*** Opening Data provided ***

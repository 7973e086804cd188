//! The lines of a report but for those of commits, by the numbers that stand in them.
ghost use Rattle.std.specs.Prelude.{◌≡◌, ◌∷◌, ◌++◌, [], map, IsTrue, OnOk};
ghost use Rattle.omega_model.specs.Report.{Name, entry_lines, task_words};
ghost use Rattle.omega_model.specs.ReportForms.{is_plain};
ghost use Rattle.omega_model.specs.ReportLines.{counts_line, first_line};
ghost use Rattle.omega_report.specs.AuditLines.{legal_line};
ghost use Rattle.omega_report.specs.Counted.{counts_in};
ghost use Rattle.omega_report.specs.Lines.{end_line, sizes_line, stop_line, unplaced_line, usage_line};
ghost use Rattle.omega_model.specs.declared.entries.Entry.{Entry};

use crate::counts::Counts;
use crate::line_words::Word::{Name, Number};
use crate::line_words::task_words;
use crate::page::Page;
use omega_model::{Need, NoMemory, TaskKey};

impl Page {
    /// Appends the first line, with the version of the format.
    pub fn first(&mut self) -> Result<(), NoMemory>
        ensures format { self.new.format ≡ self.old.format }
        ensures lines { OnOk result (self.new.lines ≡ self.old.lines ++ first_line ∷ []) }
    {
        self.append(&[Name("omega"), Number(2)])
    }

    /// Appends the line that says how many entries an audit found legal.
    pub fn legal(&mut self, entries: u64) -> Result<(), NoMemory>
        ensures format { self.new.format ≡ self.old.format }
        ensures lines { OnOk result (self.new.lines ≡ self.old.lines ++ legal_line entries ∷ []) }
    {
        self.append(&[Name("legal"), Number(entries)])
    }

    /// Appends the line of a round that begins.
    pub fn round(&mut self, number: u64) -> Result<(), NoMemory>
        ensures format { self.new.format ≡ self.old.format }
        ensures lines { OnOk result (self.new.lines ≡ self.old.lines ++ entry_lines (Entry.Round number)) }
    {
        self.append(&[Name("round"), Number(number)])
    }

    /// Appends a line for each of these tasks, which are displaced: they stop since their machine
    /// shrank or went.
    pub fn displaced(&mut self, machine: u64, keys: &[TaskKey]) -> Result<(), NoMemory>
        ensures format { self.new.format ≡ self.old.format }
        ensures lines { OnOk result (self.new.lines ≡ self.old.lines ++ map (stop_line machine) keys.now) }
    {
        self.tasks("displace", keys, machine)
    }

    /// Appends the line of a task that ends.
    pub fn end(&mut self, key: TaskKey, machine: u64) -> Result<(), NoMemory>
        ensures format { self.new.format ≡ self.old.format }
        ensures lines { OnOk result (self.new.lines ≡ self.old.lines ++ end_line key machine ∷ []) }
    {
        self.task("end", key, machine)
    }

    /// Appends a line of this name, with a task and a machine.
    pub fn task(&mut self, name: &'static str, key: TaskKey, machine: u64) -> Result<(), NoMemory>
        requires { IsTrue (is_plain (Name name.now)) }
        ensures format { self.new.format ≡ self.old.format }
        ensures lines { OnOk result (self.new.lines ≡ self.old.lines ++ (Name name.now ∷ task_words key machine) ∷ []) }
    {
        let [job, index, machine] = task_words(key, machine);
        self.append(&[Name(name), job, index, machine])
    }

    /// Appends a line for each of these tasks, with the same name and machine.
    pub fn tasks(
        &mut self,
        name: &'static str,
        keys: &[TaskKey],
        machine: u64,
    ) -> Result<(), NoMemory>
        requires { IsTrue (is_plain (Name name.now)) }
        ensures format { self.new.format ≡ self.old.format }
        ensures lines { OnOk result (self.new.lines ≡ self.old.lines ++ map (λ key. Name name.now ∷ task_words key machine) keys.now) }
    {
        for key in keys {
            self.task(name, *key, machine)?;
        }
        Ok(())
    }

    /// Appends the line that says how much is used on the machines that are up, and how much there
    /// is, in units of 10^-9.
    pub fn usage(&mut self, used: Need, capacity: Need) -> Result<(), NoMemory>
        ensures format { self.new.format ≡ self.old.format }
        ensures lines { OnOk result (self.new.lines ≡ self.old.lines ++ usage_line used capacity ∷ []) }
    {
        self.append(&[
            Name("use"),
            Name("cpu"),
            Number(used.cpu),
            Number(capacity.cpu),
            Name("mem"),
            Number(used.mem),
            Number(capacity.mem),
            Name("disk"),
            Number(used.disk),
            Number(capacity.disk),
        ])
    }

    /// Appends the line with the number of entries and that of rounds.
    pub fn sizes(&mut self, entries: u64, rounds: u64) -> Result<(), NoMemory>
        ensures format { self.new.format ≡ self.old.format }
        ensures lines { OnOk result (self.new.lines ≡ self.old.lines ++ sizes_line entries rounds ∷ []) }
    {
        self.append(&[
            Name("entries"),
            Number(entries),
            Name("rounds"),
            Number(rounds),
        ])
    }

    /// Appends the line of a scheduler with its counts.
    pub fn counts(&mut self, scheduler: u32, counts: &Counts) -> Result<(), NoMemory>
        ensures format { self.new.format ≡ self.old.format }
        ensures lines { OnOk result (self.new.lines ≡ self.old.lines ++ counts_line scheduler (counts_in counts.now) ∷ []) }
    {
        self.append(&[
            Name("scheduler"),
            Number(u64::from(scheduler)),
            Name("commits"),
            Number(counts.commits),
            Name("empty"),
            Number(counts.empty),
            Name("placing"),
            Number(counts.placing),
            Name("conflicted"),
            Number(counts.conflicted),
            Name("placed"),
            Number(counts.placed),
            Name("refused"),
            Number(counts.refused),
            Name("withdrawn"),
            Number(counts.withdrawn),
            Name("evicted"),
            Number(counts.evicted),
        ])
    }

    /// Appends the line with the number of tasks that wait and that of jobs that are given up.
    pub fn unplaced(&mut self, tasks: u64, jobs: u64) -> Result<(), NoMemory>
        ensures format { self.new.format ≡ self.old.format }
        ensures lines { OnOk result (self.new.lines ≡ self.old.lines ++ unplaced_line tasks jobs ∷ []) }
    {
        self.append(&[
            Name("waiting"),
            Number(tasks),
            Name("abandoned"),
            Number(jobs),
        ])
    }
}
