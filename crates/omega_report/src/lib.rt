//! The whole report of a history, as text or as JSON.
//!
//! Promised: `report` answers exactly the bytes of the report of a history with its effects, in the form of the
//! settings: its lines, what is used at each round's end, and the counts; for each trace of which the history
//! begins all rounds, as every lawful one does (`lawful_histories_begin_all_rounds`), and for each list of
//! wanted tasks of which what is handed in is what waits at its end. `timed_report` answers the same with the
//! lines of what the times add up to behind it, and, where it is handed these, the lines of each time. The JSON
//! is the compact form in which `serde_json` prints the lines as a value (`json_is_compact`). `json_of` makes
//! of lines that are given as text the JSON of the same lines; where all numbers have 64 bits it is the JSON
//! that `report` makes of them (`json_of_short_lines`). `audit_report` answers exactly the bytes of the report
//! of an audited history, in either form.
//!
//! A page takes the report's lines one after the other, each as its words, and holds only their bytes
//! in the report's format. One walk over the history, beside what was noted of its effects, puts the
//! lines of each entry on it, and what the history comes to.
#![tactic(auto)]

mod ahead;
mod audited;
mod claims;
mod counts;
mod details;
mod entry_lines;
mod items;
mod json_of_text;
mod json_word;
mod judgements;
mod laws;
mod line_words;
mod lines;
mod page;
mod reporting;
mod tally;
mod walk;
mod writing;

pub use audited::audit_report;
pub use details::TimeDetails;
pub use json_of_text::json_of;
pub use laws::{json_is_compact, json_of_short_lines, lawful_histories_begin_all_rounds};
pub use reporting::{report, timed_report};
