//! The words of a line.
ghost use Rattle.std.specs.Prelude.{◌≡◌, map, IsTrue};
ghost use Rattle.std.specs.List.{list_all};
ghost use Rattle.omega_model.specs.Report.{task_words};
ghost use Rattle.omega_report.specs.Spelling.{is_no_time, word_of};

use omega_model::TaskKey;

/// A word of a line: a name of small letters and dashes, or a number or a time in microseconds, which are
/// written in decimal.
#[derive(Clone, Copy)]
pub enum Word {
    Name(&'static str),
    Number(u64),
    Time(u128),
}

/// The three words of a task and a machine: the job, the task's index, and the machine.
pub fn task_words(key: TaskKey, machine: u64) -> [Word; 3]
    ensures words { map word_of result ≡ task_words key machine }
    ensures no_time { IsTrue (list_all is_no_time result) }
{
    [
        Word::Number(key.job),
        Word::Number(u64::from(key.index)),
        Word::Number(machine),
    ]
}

*** Closing Data provided ***

> _Problem description_
Only lines containing the word "Need" should be copied from the material above.

> _Task output_
use omega_model::{Need, NoMemory, TaskKey};
    pub fn usage(&mut self, used: Need, capacity: Need) -> Result<(), NoMemory>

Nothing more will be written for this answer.